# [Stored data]

►

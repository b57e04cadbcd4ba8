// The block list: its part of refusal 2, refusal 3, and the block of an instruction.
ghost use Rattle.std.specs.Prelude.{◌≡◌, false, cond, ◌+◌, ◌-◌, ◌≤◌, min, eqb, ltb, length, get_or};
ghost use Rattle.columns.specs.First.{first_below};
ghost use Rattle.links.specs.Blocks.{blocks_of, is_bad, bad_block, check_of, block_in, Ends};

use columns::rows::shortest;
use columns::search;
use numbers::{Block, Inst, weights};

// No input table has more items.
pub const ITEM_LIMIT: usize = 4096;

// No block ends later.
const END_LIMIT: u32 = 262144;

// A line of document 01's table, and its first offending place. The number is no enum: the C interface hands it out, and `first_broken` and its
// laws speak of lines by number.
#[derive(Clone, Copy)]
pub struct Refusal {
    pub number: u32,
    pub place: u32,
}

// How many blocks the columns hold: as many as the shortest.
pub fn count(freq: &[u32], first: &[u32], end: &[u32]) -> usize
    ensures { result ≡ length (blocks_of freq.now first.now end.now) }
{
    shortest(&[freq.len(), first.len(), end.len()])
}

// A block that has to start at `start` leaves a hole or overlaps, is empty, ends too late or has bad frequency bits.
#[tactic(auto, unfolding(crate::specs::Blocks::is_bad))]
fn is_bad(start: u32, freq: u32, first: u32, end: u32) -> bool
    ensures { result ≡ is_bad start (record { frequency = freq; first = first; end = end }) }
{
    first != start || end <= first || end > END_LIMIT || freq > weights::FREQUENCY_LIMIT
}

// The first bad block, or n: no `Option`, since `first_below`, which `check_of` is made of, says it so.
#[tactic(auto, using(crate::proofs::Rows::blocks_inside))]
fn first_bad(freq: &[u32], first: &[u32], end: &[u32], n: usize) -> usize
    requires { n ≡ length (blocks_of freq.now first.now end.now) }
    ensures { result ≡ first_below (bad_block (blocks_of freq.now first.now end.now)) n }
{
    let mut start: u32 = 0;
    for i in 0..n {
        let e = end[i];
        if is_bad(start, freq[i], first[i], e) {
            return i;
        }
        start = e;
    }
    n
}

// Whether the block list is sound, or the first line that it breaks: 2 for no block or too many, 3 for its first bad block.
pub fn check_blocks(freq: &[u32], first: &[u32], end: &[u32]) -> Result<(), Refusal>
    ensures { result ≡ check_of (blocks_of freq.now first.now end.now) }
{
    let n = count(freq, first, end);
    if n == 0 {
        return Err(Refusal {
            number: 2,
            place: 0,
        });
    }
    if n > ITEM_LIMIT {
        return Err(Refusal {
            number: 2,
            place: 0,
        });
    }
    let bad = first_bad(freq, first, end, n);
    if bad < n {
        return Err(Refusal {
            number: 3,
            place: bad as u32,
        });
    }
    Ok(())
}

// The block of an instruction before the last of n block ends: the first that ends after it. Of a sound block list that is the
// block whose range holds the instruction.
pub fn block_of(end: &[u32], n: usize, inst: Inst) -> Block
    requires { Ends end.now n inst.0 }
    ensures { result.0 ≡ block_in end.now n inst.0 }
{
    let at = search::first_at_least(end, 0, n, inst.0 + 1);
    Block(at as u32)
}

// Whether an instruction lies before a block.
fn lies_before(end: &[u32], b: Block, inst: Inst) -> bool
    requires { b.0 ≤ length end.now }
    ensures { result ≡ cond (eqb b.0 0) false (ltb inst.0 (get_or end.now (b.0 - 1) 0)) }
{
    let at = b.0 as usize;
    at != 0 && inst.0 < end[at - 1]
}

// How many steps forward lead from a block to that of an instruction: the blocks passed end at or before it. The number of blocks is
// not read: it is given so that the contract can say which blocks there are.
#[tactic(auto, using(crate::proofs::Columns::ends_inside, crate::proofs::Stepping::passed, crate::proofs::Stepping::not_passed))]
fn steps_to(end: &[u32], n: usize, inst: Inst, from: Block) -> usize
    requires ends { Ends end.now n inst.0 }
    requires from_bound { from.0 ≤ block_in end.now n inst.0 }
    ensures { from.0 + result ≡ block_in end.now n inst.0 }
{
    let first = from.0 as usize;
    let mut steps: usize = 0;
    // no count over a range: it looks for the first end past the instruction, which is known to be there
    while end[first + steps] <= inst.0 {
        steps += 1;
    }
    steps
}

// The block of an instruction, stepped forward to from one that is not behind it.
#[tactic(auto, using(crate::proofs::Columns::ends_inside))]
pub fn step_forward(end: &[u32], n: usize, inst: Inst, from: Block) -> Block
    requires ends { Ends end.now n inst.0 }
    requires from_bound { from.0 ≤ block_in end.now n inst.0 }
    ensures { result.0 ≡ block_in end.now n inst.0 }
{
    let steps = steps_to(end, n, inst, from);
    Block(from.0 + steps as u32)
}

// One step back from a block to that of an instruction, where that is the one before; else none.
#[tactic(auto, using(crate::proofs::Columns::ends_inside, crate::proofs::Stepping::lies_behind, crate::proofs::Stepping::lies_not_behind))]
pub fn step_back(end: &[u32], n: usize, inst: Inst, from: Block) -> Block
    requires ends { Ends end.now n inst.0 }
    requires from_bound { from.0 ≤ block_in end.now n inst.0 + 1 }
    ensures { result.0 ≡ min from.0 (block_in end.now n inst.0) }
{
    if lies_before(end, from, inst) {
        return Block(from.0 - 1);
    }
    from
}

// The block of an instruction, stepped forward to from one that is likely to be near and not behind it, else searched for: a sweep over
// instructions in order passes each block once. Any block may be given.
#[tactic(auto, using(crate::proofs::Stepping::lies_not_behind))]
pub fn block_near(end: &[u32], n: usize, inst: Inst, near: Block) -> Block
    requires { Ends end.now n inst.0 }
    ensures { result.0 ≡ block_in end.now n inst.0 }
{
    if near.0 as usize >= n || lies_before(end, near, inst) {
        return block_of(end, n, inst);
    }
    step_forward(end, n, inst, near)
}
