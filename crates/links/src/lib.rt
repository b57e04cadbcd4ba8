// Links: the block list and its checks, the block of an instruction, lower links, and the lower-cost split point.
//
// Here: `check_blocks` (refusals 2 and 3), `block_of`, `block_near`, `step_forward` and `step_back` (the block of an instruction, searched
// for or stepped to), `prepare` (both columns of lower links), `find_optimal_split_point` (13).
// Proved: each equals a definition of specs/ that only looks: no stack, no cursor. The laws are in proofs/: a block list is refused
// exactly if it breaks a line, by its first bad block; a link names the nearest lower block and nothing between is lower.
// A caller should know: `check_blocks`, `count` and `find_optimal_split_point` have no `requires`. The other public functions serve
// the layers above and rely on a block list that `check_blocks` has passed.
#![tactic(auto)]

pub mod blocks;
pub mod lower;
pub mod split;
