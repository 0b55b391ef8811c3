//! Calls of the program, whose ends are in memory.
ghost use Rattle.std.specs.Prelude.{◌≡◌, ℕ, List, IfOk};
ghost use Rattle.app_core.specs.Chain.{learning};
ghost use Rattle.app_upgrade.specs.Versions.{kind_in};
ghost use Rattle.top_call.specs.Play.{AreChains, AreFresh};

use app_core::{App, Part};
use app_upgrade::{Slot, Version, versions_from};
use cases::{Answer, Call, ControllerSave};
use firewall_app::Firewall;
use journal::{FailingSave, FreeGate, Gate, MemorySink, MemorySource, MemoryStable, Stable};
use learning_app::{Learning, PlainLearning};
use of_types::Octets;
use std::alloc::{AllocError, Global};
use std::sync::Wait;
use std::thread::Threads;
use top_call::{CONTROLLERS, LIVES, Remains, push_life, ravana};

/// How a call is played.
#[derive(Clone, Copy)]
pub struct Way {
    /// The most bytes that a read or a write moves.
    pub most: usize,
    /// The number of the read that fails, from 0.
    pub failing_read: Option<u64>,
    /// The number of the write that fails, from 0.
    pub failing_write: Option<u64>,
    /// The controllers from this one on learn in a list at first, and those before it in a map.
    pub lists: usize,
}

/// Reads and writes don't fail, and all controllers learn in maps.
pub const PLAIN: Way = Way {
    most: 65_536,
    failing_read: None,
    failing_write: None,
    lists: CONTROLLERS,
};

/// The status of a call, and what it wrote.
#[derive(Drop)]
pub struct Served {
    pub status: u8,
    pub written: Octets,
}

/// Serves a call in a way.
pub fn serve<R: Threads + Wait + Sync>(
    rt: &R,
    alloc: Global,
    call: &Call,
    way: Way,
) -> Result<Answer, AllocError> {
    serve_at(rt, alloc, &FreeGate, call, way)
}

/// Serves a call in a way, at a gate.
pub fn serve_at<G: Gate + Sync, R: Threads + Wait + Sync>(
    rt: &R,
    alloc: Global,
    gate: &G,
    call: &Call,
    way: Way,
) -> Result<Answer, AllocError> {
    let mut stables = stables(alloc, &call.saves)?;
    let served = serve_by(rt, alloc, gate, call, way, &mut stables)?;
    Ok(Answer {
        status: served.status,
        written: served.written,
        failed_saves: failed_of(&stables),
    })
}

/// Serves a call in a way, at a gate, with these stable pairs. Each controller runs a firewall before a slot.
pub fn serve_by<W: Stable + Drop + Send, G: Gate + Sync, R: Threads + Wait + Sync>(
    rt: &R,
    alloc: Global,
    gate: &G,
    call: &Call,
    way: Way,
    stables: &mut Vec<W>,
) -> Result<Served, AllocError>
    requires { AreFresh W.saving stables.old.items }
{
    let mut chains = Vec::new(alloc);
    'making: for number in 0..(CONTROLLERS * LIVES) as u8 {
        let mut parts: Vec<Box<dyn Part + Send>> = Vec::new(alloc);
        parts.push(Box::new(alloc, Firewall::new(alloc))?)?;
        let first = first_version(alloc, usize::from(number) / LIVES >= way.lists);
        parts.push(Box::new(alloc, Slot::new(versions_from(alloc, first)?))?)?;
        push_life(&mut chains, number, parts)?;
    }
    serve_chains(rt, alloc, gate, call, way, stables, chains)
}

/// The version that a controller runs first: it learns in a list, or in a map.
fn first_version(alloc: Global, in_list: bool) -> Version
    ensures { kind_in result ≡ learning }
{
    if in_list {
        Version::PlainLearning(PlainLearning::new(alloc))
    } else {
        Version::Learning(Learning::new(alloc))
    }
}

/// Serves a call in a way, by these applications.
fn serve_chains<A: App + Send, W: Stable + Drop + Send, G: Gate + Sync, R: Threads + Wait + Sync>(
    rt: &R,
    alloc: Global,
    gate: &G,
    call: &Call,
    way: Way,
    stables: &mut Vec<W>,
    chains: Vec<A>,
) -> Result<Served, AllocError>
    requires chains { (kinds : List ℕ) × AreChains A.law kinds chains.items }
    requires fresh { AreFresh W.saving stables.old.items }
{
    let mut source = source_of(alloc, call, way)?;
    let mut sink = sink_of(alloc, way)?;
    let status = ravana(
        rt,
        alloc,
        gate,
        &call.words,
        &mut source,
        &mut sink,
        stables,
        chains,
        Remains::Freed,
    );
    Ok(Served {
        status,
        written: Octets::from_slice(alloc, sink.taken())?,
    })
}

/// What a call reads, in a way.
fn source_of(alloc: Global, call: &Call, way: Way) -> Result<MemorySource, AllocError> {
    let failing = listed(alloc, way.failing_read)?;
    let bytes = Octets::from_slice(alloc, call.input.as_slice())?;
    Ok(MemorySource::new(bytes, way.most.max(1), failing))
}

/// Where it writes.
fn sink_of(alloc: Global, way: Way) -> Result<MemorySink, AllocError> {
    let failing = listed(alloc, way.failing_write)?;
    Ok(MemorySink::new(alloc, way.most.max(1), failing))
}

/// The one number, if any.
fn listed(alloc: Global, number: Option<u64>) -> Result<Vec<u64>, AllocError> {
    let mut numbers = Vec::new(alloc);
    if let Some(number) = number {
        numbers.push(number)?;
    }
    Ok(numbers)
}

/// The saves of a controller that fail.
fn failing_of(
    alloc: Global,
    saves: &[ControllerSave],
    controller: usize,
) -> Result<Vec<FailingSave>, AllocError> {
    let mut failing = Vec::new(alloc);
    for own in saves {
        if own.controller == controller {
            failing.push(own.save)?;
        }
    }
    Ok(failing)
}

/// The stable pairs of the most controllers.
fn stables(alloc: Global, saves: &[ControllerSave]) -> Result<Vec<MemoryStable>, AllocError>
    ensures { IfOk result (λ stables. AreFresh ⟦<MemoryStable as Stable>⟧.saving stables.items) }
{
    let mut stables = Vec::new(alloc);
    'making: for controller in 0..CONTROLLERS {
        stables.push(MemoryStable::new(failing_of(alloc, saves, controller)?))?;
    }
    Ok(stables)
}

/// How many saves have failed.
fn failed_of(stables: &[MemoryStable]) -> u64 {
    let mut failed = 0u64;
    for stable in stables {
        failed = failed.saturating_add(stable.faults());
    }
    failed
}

◄

# [Description of the task]
Using the data above, print exactly the lines from the line that contains "from.0 + result" through the line that contains "before; else none.", with both included.

# [Written response]
    ensures { from.0 + result ≡ block_in end.now n inst.0 }
{
    let first = from.0 as usize;
    let mut steps: usize = 0;
    // no count over a range: it looks for the first end past the instruction, which is known to be there
    while end[first + steps] <= inst.0 {
        steps += 1;
    }
    steps
}

// The block of an instruction, stepped forward to from one that is not behind it.
#[tactic(auto, using(crate::proofs::Columns::ends_inside))]
pub fn step_forward(end: &[u32], n: usize, inst: Inst, from: Block) -> Block
    requires ends { Ends end.now n inst.0 }
    requires from_bound { from.0 ≤ block_in end.now n inst.0 }
    ensures { result.0 ≡ block_in end.now n inst.0 }
{
    let steps = steps_to(end, n, inst, from);
    Block(from.0 + steps as u32)
}

// One step back from a block to that of an instruction, where that is the one before; else none.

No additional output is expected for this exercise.